I’ve become such an idealist actually in the past few years. If I stayed in full-time employment, I would have probably become a pessimist. But now, I know we can do so much more than we think we can. I’m flying because I know I’m not alone anymore. I have the confirmation from others that this is exactly what we need, and we are on the right track. There are so many gaps that still have to be filled, but I’ve done my homework so it’s getting there. It’s possible now.
What experience do you hope people will have at Wolf?
In a dream world, I’d want people to leave with the feeling they could do anything, and that there are no barriers. You can see a film or show your film or have a drink in the bar, and maybe something unexpected will happen.
What makes the perfect cinema experience?
Technically it needs to be flawless. Also, it’s an immersive experience so you can’t pause for a snack or drink like you can when watching a film at home. Immersed in a dark space, in a room with strangers, you are a captive of the screen. This physical experience changes and informs the mood. There also is a possibility of exchange afterward. If you can have discussions about the film in a bar, there are these beautiful moments when people from all over the world share very similar or very different viewpoints, and it can be a very rich and eye-opening experience.
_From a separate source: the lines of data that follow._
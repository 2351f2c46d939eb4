// The line that opens a block.
ghost use Rattle.std.specs.Prelude.{◌≡◌};
ghost use Rattle.words.specs.Given.{Gives};
ghost use Rattle.words.specs.Texts.{texts};
ghost use Rattle.command.specs.Opening.{has_par, held_of, is_par, opening_in, opening_of};

use sector::Refusal;
use std::alloc::Global;
use words::{after_word, first_word, numeral, words_in};

/// A block is opened.
#[derive(Clone, Copy)]
pub struct Opening {
    /// Which copy of the block, counted from 1, is held until a read of the block is answered; `None` for none.
    pub hold: Option<u32>,
}

fn held(hold: &[u8], ticket: &[u8]) -> Result<Opening, Refusal>
    ensures { result ≡ held_of hold.now ticket.now }
{
    if hold != b"hold".as_slice() {
        return Err(Refusal::BadTable);
    }
    let ticket = numeral(ticket)?;
    Ok(Opening { hold: Some(ticket) })
}

/// What the words after `par` say: nothing, or `hold K`. `BadTable` for others.
fn opening_in(words: &[&[u8]]) -> Result<Opening, Refusal>
    ensures { result ≡ opening_in (texts words.now) }
{
    match words {
        [] => Ok(Opening { hold: None }),
        [hold, ticket] => held(hold, ticket),
        _ => Err(Refusal::BadTable),
    }
}

// A line whose first byte is neither a space nor a p does not: so most lines are told by that byte.
#[tactic(auto, using(crate::proofs::Par::no_par, crate::proofs::Par::other_par))]
fn has_par(line: &[u8]) -> bool
    ensures { result ≡ has_par line.now }
{
    if line.is_empty() || (line[0] != b' ' && line[0] != b'p') {
        return false;
    }
    first_word(line) == b"par".as_slice()
}

/// Whether a line of at most `max` bytes, given without its end, begins with the word `par`. No other line opens a block.
#[inline(always)]
pub fn is_par(line: &[u8], max: usize) -> bool
    ensures { result ≡ is_par max line.now }
{
    line.len() <= max && has_par(line)
}

/// The block that a line opens which begins with the word `par`: `par`, or `par hold K`. `BadTable` for another form; the one
/// other error is `NoMemory`.
#[tactic(auto, unfolding(crate::specs::Opening::opening_of))]
pub fn opening_by(alloc: Global, line: &[u8]) -> Result<Opening, Refusal>
    ensures { Gives result (opening_of line.now) }
{
    let words = words_in(alloc, after_word(line)).map_err(|_| Refusal::NoMemory)?;
    opening_in(&words)
}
What has been a source of inspiration for you?
The Jonas Mekas Movie Journal really changed my perspective of what it means to run a cinema. It’s not just a business. It can be extremely creative. I was inspired that his writing from the ’50s and ’60s, and the way he set up the New York Anthology Film Archives, lacked any elitist attitude. He said a film must be flawed or imperfect for the spirit to remain intact. His ideas about film are truly democratic. And actually, the last event I did at Curzon before I left London was with Mekas, and he said he wanted to come to Berlin when I open my cinema.
How do you unwind or handle stress?
In the beginning, I once got up at 6am and went running, and it felt great. But I never did it again. I also tried autogenic training for a bit. All this stuff, in the end, is overrated. I just try to live a normal life. It’s artificial to trim yourself. What matters most to me is not neglecting the people closest to me.
Has giving up ever been a consideration?
I haven’t had a holiday in years. I’ve poured all my money into this. There were times when I thought I should let it go, but every time I have doubts, my boyfriend, family, and friends remind me that I cannot give up. I’ve been surrounded by people who have worked so loyally these past three years to make it happen. In a way, the goal isn’t just opening. Everything that’s happened along the way has already been so beautiful. Someone from Copenhagen heard about us, visited, and is now setting up a similar thing. I think Wolf has kicked off something, and whether it’s here or somewhere else, something has moved.